Humans and Nature ThemeTracker
Humans and Nature Quotes in Messenger
"Were you scared of Forest?" Matty asked him. So many people were, and with good reason.
"No. It's all an illusion."
Matty frowned. He didn't know what the blind man meant. Was he saying that fear was an illusion? Or that Forest was? [...] Maybe, Matty thought, everything was an illusion to a man who had lost his eyes.
Others from Village rarely ventured into Forest. It was dangerous for them. Sometimes Forest closed in and entangled people who had tried to travel beyond. There had been terrible deaths, with bodies brought out strangled by vines or branches that had reached out malevolently around the throats and limbs of those who decided to leave Village. Somehow Forest knew. Somehow, too, it knew that Matty's travels were benign and necessary. The vines had never reached out for him. The trees seemed, sometimes, almost to part and usher him through.
Some of those who had been among the most industrious, the kindest, the most stalwart citizens of Village now went to the platform and shouted out their wish that the border be closed so that "we" (Matty shuddered at the use of "we") would not have to share the resources anymore.
We need all the fish for ourselves.
Our school is not big enough to teach their children, too; only our own.
They can't even speak right. We can't understand them.
They have too many needs. We don't want to take care of them.
And finally: We've done it long enough.
Matty glanced over and saw that she was standing in front of the tapestry Kira had made for her father. Even from where he stood, he could see what Jean meant. The entire forest area, the hundreds of tiny stitches in shades of green, had darkened, and the threads had knotted and twisted in odd ways. The peaceful scene had changed into something no longer beautiful. It had an ominous feel to it, a feel of impenetrability.
But on this journey, something was different. For the first time, Matty felt hostility from Forest. The fish were slow to come to his hook. A chipmunk, usually an amiable companion, chittered angrily and bit his finger when he held his hand toward it. Many red berries, of a kind he had always eaten, had black spots on them and tasted bitter; and for the first time he noticed poison ivy growing across the path again and again, where it had never grown before.

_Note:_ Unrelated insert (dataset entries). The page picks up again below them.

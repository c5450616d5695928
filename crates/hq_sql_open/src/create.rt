//! The tables of a desk, made in turn.

ghost use Rattle.std.specs.Prelude.{◌≡◌, ◌∷◌, List, map, IsTrue, OnOk, IfErr};
ghost use Rattle.sqlite.specs.Held.{state};
ghost use Rattle.sqlite.specs.Schema.{Schema};
ghost use Rattle.sqlite.specs.State.{HasCleanDisk};
ghost use Rattle.sqlite.specs.Table.{Table};
ghost use Rattle.hq_keyed.specs.Left.{IsQuiet};
ghost use Rattle.hq_keyed.specs.Made.{CreatesTable};
ghost use Rattle.hq_sql.specs.Causes.{HasCause};
ghost use Rattle.hq_sql_open.specs.Making.{MakesTable, MakeTables, AreEmpty, HasMade};
ghost use Rattle.hq_sql_open.specs.Transactions.{KeepsAll};

use hq_sql::SqliteMemory;
use sqlite::{Alter, Connection, Error};

/// Makes a table by the text that defines it.
fn create<S: Alter, M: SqliteMemory>(
    memory: M,
    conn: &mut Connection<S>,
    text: &str,
) -> Result<(), Error>
    ensures made { (s : Schema) → (table : Table) → MakesTable s text.now table
        → (state S.Store conn.old).now.schema ≡ s → HasCleanDisk (state S.Store conn.new)
        → OnOk result (CreatesTable (state S.Store conn.old) (state S.Store conn.new) s table) }
    ensures kept { (s : Schema) → (table : Table) → MakesTable s text.now table
        → (state S.Store conn.old).now.schema ≡ s → IsTrue (state S.Store conn.old).in_transaction
        → KeepsAll (state S.Store conn.old) (state S.Store conn.new) }
    ensures quiet { IsQuiet (state S.Store conn.old) (state S.Store conn.new) }
    ensures cause { IfErr result (HasCause M.refused M.failed) }
{
    memory.execute(conn, text, &[])?;
    Ok(())
}

/// Makes the table of a text, and then those of others, up to the first that fails.
#[cycle(creating)]
fn create_from<S: Alter, M: SqliteMemory>(
    memory: M,
    conn: &mut Connection<S>,
    first: &str,
    rest: &[&str],
) -> Result<(), Error>
    ensures made { (s : Schema) → (tables : List Table)
        → MakeTables s (first.now ∷ map (λ t. t.now) rest.now) tables
        → (state S.Store conn.old).now.schema ≡ s
        → AreEmpty s.tables (state S.Store conn.old).now.trees
        → HasCleanDisk (state S.Store conn.new)
        → OnOk result (HasMade s tables (state S.Store conn.old) (state S.Store conn.new)) }
    ensures kept { (s : Schema) → (tables : List Table)
        → MakeTables s (first.now ∷ map (λ t. t.now) rest.now) tables
        → (state S.Store conn.old).now.schema ≡ s → IsTrue (state S.Store conn.old).in_transaction
        → KeepsAll (state S.Store conn.old) (state S.Store conn.new) }
    ensures quiet { IsQuiet (state S.Store conn.old) (state S.Store conn.new) }
    ensures cause { IfErr result (HasCause M.refused M.failed) }
{
    create(memory, conn, first)?;
    create_all(memory, conn, rest)
}

/// Makes tables by their texts, one after another, up to the first that fails.
#[cycle(creating)]
pub(crate) fn create_all<S: Alter, M: SqliteMemory>(
    memory: M,
    conn: &mut Connection<S>,
    texts: &[&str],
) -> Result<(), Error>
    ensures made { (s : Schema) → (tables : List Table)
        → MakeTables s (map (λ t. t.now) texts.now) tables
        → (state S.Store conn.old).now.schema ≡ s
        → AreEmpty s.tables (state S.Store conn.old).now.trees
        → HasCleanDisk (state S.Store conn.new)
        → OnOk result (HasMade s tables (state S.Store conn.old) (state S.Store conn.new)) }
    ensures kept { (s : Schema) → (tables : List Table)
        → MakeTables s (map (λ t. t.now) texts.now) tables
        → (state S.Store conn.old).now.schema ≡ s → IsTrue (state S.Store conn.old).in_transaction
        → KeepsAll (state S.Store conn.old) (state S.Store conn.new) }
    ensures quiet { IsQuiet (state S.Store conn.old) (state S.Store conn.new) }
    ensures cause { IfErr result (HasCause M.refused M.failed) }
{
    match texts {
        [] => Ok(()),
        [first, rest @ ..] => create_from(memory, conn, first, rest),
    }
}
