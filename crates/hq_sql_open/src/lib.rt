//! The opening of a desk's store on `sqlite`, its transactions, and its migration.
//!
//! A blank store gets the tables of a desk, a desk is taken as it is, and all else is left alone. A
//! store of version 1 or 2 becomes one of version 3, which keeps reasons of holds and histories.
#![tactic(auto)]

mod create;
mod faults;
pub mod laws;
mod lifting;
mod migrating;
mod opening;
pub mod transaction;
mod version;

pub use faults::fault_of;
pub use migrating::migration;
pub use opening::{is_current, open};
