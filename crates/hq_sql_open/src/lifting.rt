//! A store of version 1 or 2 becomes one of version 3: the tables that it lacks are made, that of
//! the reasons of messages on hold is filled, and the version written, in one transaction.

ghost use Rattle.std.specs.Prelude.{◌≡◌, ℕ, [], ◌∷◌, IsTrue, IfOk, OnOk, IfErr};
ghost use Rattle.sqlite.specs.Held.{state};
ghost use Rattle.sqlite.specs.State.{HasCleanDisk};
ghost use Rattle.sqlite.specs.Values.{bound};
ghost use Rattle.sqlite.specs.declared.types.Value.TheVariants.{Text};
ghost use Rattle.hq_keyed.specs.Left.{IsQuiet};
ghost use Rattle.hq_keyed.specs.Made.{CreatesTable};
ghost use Rattle.hq_schema.specs.Schema.{holds, ends, first_schema, second_schema, desk_schema};
ghost use Rattle.hq_sql.specs.Causes.{HasCause};
ghost use Rattle.hq_sql_open.specs.Making.{GoesOn};
ghost use Rattle.hq_sql_open.specs.Transactions.{IsSettled, KeepsAll};
ghost use Rattle.hq_sql_open.specs.Stores.{HasVersion, IsFirst, IsSecond, lifted_in};
ghost use Rattle.hq_sql_open.specs.Stores.{second_tables_in};
ghost use Rattle.hq_sql_open.specs.Migration.{HasEmptyHolds, Fills, Stamps, Lifts, Migrates};
ghost use Rattle.hq_sql_open.specs.Migration.{KeepsMigration, Raises, Upgrades, Widens};

use crate::transaction::{begin, commit, sees_database};
use hq_sql::SqliteMemory;
use sqlite::types::ValueRef;
use sqlite::{Alter, Connection, Error};

/// Makes the table of holds, without a row.
fn make_holds<S: Alter, M: SqliteMemory>(memory: M, conn: &mut Connection<S>) -> Result<(), Error>
    ensures made { (state S.Store conn.old).now.schema ≡ first_schema
        → HasCleanDisk (state S.Store conn.new)
        → OnOk result (CreatesTable (state S.Store conn.old) (state S.Store conn.new) first_schema
        holds) }
    ensures kept { (state S.Store conn.old).now.schema ≡ first_schema
        → IsTrue (state S.Store conn.old).in_transaction
        → KeepsAll (state S.Store conn.old) (state S.Store conn.new) }
    ensures quiet { IsQuiet (state S.Store conn.old) (state S.Store conn.new) }
    ensures cause { IfErr result (HasCause M.refused M.failed) }
{
    memory.execute(
        conn,
        "CREATE TABLE holds (customer TEXT NOT NULL, serial INTEGER NOT NULL, \
         hold_reason TEXT NOT NULL, PRIMARY KEY (customer, serial)) STRICT",
        &[],
    )?;
    Ok(())
}

/// Makes the table of ends, without a row.
fn make_ends<S: Alter, M: SqliteMemory>(memory: M, conn: &mut Connection<S>) -> Result<(), Error>
    ensures made { (state S.Store conn.old).now.schema ≡ second_schema
        → HasCleanDisk (state S.Store conn.new)
        → OnOk result (CreatesTable (state S.Store conn.old) (state S.Store conn.new) second_schema
        ends) }
    ensures kept { (state S.Store conn.old).now.schema ≡ second_schema
        → IsTrue (state S.Store conn.old).in_transaction
        → KeepsAll (state S.Store conn.old) (state S.Store conn.new) }
    ensures quiet { IsQuiet (state S.Store conn.old) (state S.Store conn.new) }
    ensures cause { IfErr result (HasCause M.refused M.failed) }
{
    memory.execute(
        conn,
        "CREATE TABLE ends (customer TEXT NOT NULL, number INTEGER NOT NULL, \
         moment INTEGER NOT NULL, serial INTEGER NOT NULL, sender TEXT NOT NULL, \
         recipient TEXT NOT NULL, fate INTEGER NOT NULL, status TEXT NOT NULL, \
         reason TEXT NOT NULL, PRIMARY KEY (customer, number)) STRICT",
        &[],
    )?;
    Ok(())
}

/// Makes the tables that a store of version 1 lacks, without a row.
fn make_tables<S: Alter, M: SqliteMemory>(memory: M, conn: &mut Connection<S>) -> Result<(), Error>
    ensures made { (state S.Store conn.old).now.schema ≡ first_schema
        → HasCleanDisk (state S.Store conn.new)
        → OnOk result (Widens (state S.Store conn.old) (state S.Store conn.new)) }
    ensures kept { (state S.Store conn.old).now.schema ≡ first_schema
        → IsTrue (state S.Store conn.old).in_transaction
        → KeepsAll (state S.Store conn.old) (state S.Store conn.new) }
    ensures quiet { IsQuiet (state S.Store conn.old) (state S.Store conn.new) }
    ensures cause { IfErr result (HasCause M.refused M.failed) }
{
    make_holds(memory, conn)?;
    make_ends(memory, conn)?;
    Ok(())
}

/// What the rows of holds are made with.
fn bind<'a>(reason: &'a str) -> [ValueRef<'a>; 1]
    ensures { bound result ≡ Text reason.now ∷ [] }
{
    [ValueRef::Text(reason.as_bytes())]
}

/// Adds a row with this reason for each message on hold, and tells how many there are.
fn fill_holds<S: Alter, M: SqliteMemory>(
    memory: M,
    conn: &mut Connection<S>,
    reason: &str,
) -> Result<usize, Error>
    ensures made { HasEmptyHolds (state S.Store conn.old).now
        → HasCleanDisk (state S.Store conn.new)
        → IfOk result (λ count.
        Fills reason.now count (state S.Store conn.old) (state S.Store conn.new)) }
    ensures goes { (state S.Store conn.old).now.schema ≡ desk_schema
        → HasCleanDisk (state S.Store conn.new)
        → OnOk result (((state S.Store conn.new).now.schema ≡ desk_schema)
        × GoesOn (state S.Store conn.old) (state S.Store conn.new)) }
    ensures kept { (state S.Store conn.old).now.schema ≡ desk_schema
        → IsTrue (state S.Store conn.old).in_transaction
        → KeepsAll (state S.Store conn.old) (state S.Store conn.new) }
    ensures quiet { IsQuiet (state S.Store conn.old) (state S.Store conn.new) }
    ensures cause { IfErr result (HasCause M.refused M.failed) }
{
    let params = bind(reason);
    let count = memory.execute(
        conn,
        "INSERT INTO holds (customer, serial, hold_reason) SELECT customer, serial, ?1 \
         FROM messages WHERE state = 2 ORDER BY customer, serial",
        &params,
    )?;
    Ok(count)
}

/// Writes the version 3 in the place of another.
fn set_version<S: Alter, M: SqliteMemory>(memory: M, conn: &mut Connection<S>) -> Result<(), Error>
    ensures made { (version : ℕ) → (state S.Store conn.old).now.schema ≡ desk_schema
        → HasVersion (state S.Store conn.old).now version
        → HasCleanDisk (state S.Store conn.new)
        → OnOk result (Stamps (state S.Store conn.old) (state S.Store conn.new)) }
    ensures kept { (state S.Store conn.old).now.schema ≡ desk_schema
        → IsTrue (state S.Store conn.old).in_transaction
        → KeepsAll (state S.Store conn.old) (state S.Store conn.new) }
    ensures quiet { IsQuiet (state S.Store conn.old) (state S.Store conn.new) }
    ensures cause { IfErr result (HasCause M.refused M.failed) }
{
    memory.execute(conn, "UPDATE desk_schema SET version = 3", &[])?;
    Ok(())
}

/// Makes the tables that a store of version 1 lacks, fills that of holds, and writes the version.
fn lift<S: Alter, M: SqliteMemory>(
    memory: M,
    conn: &mut Connection<S>,
    reason: &str,
) -> Result<usize, Error>
    ensures made { IsFirst (state S.Store conn.old).now
        → HasCleanDisk (state S.Store conn.new)
        → IfOk result (λ count.
        Lifts reason.now count (state S.Store conn.old) (state S.Store conn.new)) }
    ensures kept { (state S.Store conn.old).now.schema ≡ first_schema
        → IsTrue (state S.Store conn.old).in_transaction
        → KeepsAll (state S.Store conn.old) (state S.Store conn.new) }
    ensures quiet { IsQuiet (state S.Store conn.old) (state S.Store conn.new) }
    ensures cause { IfErr result (HasCause M.refused M.failed) }
{
    make_tables(memory, conn)?;
    let count = fill_holds(memory, conn, reason)?;
    set_version(memory, conn)?;
    Ok(count)
}

/// Makes the table that a store of version 2 lacks, and writes the version.
fn raise<S: Alter, M: SqliteMemory>(memory: M, conn: &mut Connection<S>) -> Result<(), Error>
    ensures made { IsSecond (state S.Store conn.old).now
        → HasCleanDisk (state S.Store conn.new)
        → OnOk result (Raises (state S.Store conn.old) (state S.Store conn.new)) }
    ensures kept { (state S.Store conn.old).now.schema ≡ second_schema
        → IsTrue (state S.Store conn.old).in_transaction
        → KeepsAll (state S.Store conn.old) (state S.Store conn.new) }
    ensures quiet { IsQuiet (state S.Store conn.old) (state S.Store conn.new) }
    ensures cause { IfErr result (HasCause M.refused M.failed) }
{
    make_ends(memory, conn)?;
    set_version(memory, conn)?;
    Ok(())
}

/// Makes a store of version 3 of one of version 1, in one transaction, and tells how many messages
/// are on hold. It asks for a connection in no transaction. After an error `settle` undoes what was
/// begun.
pub(crate) fn migrate<S: Alter, M: SqliteMemory>(
    memory: M,
    conn: &mut Connection<S>,
    reason: &str,
) -> Result<usize, Error>
    ensures made { IsFirst (state S.Store conn.old).now → IsSettled (state S.Store conn.old)
        → HasCleanDisk (state S.Store conn.new)
        → IfOk result (λ count.
        Migrates reason.now count (state S.Store conn.old) (state S.Store conn.new)) }
    ensures kept { (state S.Store conn.old).now.schema ≡ first_schema
        → IsSettled (state S.Store conn.old)
        → KeepsMigration IsFirst (lifted_in reason.now) (state S.Store conn.old)
        (state S.Store conn.new) result }
    ensures quiet { IsQuiet (state S.Store conn.old) (state S.Store conn.new) }
    ensures cause { IfErr result (HasCause M.refused M.failed) }
{
    begin(memory, conn)?;
    let count = lift(memory, conn, reason)?;
    sees_database(conn);
    commit(memory, conn)?;
    Ok(count)
}

/// Makes a store of version 3 of one of version 2, in one transaction, as `migrate` does.
pub(crate) fn upgrade<S: Alter, M: SqliteMemory>(
    memory: M,
    conn: &mut Connection<S>,
) -> Result<(), Error>
    ensures made { IsSecond (state S.Store conn.old).now → IsSettled (state S.Store conn.old)
        → HasCleanDisk (state S.Store conn.new)
        → OnOk result (Upgrades (state S.Store conn.old) (state S.Store conn.new)) }
    ensures kept { (state S.Store conn.old).now.schema ≡ second_schema
        → IsSettled (state S.Store conn.old)
        → KeepsMigration IsSecond second_tables_in (state S.Store conn.old)
        (state S.Store conn.new) result }
    ensures quiet { IsQuiet (state S.Store conn.old) (state S.Store conn.new) }
    ensures cause { IfErr result (HasCause M.refused M.failed) }
{
    begin(memory, conn)?;
    raise(memory, conn)?;
    sees_database(conn);
    commit(memory, conn)
}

When the sinister, curling stem—in appearance not unlike the pea vines that grew in early summer in their garden—reached his ankle, it began to curl tightly around his flesh. Quickly he reached down and severed it with the small blade. Within seconds it turned brown and fell away from him, lifeless.
But there seemed no victory to it. Only a pause in a battle he was bound to lose.
Stumbling and bleeding, he wished briefly that he had brought some kind of weapon. But what would have protected him against Forest itself? It was a force too huge to fight with a knife or a club.
He saw Forest and understood what Seer had meant. It was an illusion. It was a tangled knot of fears and deceits and dark struggles for power that had disguised itself and almost destroyed everything. Now it was unfolding, like a flower coming into bloom, radiant with possibility.